- [WHAT NEEDS TO BE DONE]: A complete, exact copy of the data is the required answer.

[Stored dataset items]
○ ○ ○ ○ ○

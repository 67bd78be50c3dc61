// An alternative is taken without a set: its frame is a return place alone.
ghost use Rattle.std.specs.Prelude.{◌≡◌, suc, ◌+◌, ◌*◌, ◌≤◌, ◌<◌, min, length, set};
ghost use Rattle.derivation.specs.inside.Frames.{frame_words};

use machine::At;

// The topmost frame of an alternative that needed no set: its return place alone. How many sets stand after that.
pub fn push(ws: &mut [u32], base: usize, known: usize, at: At) -> usize
    requires { (base + frame_words * suc at.depth ≤ length ws.old) × (at.place < 4294967296) }
    ensures { (ws.new ≡ set ws.old (base + frame_words * at.depth) at.place) × (result ≡ min known at.depth) }
{
    ws[base + machine::frames::FRAME * at.depth] = base::word(at.place);
    known.min(at.depth)
}
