// The lowest alternative that serves where a nonterminal waits: by which the rest of the note can be derived with what is open. Ends on demand
// tell it as long as their budget lasts, then the derivation cells; until it is first asked for, a frame is a return place alone.
#![tactic(auto)]

mod aids;
mod judging;
mod picking;
mod pushing;
mod running;
mod sets;
mod tabling;

pub use aids::{AMPLE, TALLY, allow, standing};
pub use judging::{Judged, judge};
pub use picking::{Pick, serve, take};
pub use pushing::push;
pub use running::{Choose, Stop, run};
pub use tabling::fill_cells;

○ ○ ○ ○ ○

- [RESPONSE]:
repository 67bd78be50c3dc61
// An alternative is taken without a set: its frame is a return place alone.
ghost use Rattle.std.specs.Prelude.{◌≡◌, suc, ◌+◌, ◌*◌, ◌≤◌, ◌<◌, min, length, set};
ghost use Rattle.derivation.specs.inside.Frames.{frame_words};

use machine::At;

// The topmost frame of an alternative that needed no set: its return place alone. How many sets stand after that.
pub fn push(ws: &mut [u32], base: usize, known: usize, at: At) -> usize
    requires { (base + frame_words * suc at.depth ≤ length ws.old) × (at.place < 4294967296) }
    ensures { (ws.new ≡ set ws.old (base + frame_words * at.depth) at.place) × (result ≡ min known at.depth) }
{
    ws[base + machine::frames::FRAME * at.depth] = base::word(at.place);
    known.min(at.depth)
}
// The lowest alternative that serves where a nonterminal waits: by which the rest of the note can be derived with what is open. Ends on demand
// tell it as long as their budget lasts, then the derivation cells; until it is first asked for, a frame is a return place alone.
#![tactic(auto)]

mod aids;
mod judging;
mod picking;
mod pushing;
mod running;
mod sets;
mod tabling;

pub use aids::{AMPLE, TALLY, allow, standing};
pub use judging::{Judged, judge};
pub use picking::{Pick, serve, take};
pub use pushing::push;
pub use running::{Choose, Stop, run};
pub use tabling::fill_cells;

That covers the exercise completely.